• BRIEF
Copy exactly, please, each line of the data below until the line that contains "else states that" has been copied, beginning at the top.

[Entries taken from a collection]
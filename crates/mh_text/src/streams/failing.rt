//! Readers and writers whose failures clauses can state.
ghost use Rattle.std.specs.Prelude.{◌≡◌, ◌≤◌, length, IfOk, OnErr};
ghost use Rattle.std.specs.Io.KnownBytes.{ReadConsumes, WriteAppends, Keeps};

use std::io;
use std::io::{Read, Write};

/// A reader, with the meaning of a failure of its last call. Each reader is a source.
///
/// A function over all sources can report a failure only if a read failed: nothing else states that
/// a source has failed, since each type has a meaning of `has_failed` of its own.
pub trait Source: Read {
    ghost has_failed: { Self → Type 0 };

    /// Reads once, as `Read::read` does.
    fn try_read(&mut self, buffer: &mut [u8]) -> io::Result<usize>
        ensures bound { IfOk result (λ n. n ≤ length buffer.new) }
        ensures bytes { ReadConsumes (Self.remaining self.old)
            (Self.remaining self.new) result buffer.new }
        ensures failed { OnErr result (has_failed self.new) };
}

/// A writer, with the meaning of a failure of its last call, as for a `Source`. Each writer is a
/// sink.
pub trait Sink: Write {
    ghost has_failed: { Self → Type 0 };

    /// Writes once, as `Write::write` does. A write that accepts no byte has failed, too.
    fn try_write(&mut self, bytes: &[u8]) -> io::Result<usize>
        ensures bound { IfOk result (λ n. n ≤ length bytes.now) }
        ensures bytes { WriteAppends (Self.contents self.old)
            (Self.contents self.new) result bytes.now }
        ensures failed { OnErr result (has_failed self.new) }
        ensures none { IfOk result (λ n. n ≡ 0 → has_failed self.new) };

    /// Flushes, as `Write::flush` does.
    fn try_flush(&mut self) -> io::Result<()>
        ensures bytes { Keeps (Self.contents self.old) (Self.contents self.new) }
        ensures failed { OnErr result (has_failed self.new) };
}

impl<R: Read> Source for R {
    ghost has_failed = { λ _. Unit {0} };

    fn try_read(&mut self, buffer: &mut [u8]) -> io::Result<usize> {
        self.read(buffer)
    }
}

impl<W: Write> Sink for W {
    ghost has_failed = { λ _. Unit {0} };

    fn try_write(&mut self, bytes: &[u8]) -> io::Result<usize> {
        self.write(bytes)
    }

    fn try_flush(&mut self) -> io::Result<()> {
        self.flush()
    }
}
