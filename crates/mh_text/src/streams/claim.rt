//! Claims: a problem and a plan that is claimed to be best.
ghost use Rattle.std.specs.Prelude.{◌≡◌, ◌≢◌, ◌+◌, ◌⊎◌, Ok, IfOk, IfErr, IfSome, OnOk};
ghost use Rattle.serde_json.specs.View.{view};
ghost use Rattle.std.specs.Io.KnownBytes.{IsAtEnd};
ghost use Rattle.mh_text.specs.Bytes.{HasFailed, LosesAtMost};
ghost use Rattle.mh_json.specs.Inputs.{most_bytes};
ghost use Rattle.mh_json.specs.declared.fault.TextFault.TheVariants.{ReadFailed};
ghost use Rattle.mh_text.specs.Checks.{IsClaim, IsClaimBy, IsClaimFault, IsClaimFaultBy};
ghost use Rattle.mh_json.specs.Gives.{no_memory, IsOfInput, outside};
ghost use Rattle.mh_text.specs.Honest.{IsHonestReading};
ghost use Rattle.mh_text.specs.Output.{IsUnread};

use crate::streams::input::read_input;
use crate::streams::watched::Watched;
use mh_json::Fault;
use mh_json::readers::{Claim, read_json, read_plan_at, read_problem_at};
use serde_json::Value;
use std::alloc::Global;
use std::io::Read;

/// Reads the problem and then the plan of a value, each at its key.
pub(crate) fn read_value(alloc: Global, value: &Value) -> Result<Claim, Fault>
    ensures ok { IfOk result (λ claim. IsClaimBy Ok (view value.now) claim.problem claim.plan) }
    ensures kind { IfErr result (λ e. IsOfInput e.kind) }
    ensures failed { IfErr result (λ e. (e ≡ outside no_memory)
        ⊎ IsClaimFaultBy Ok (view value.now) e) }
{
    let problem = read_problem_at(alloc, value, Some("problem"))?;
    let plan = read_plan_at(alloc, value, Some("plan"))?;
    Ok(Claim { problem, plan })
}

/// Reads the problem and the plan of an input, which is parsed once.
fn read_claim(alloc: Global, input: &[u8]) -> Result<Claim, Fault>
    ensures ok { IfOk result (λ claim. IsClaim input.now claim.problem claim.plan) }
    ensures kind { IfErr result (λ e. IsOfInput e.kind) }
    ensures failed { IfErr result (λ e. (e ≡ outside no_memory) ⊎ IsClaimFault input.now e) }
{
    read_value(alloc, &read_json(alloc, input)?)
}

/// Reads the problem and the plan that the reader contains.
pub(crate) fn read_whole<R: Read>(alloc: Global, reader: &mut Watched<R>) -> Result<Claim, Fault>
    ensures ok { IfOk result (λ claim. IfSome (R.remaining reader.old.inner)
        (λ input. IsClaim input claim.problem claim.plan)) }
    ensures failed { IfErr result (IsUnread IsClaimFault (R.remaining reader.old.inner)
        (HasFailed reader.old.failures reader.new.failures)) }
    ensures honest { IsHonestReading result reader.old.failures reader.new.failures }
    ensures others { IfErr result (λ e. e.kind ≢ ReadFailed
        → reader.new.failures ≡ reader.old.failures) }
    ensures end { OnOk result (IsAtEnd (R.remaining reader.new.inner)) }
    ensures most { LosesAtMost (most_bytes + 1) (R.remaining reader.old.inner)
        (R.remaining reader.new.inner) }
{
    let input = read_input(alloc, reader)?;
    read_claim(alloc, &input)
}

• TASK SOLUTION
filename crates/mh_text/src/streams/failing.rt
//! Readers and writers whose failures clauses can state.
ghost use Rattle.std.specs.Prelude.{◌≡◌, ◌≤◌, length, IfOk, OnErr};
ghost use Rattle.std.specs.Io.KnownBytes.{ReadConsumes, WriteAppends, Keeps};

use std::io;
use std::io::{Read, Write};

/// A reader, with the meaning of a failure of its last call. Each reader is a source.
///
/// A function over all sources can report a failure only if a read failed: nothing else states that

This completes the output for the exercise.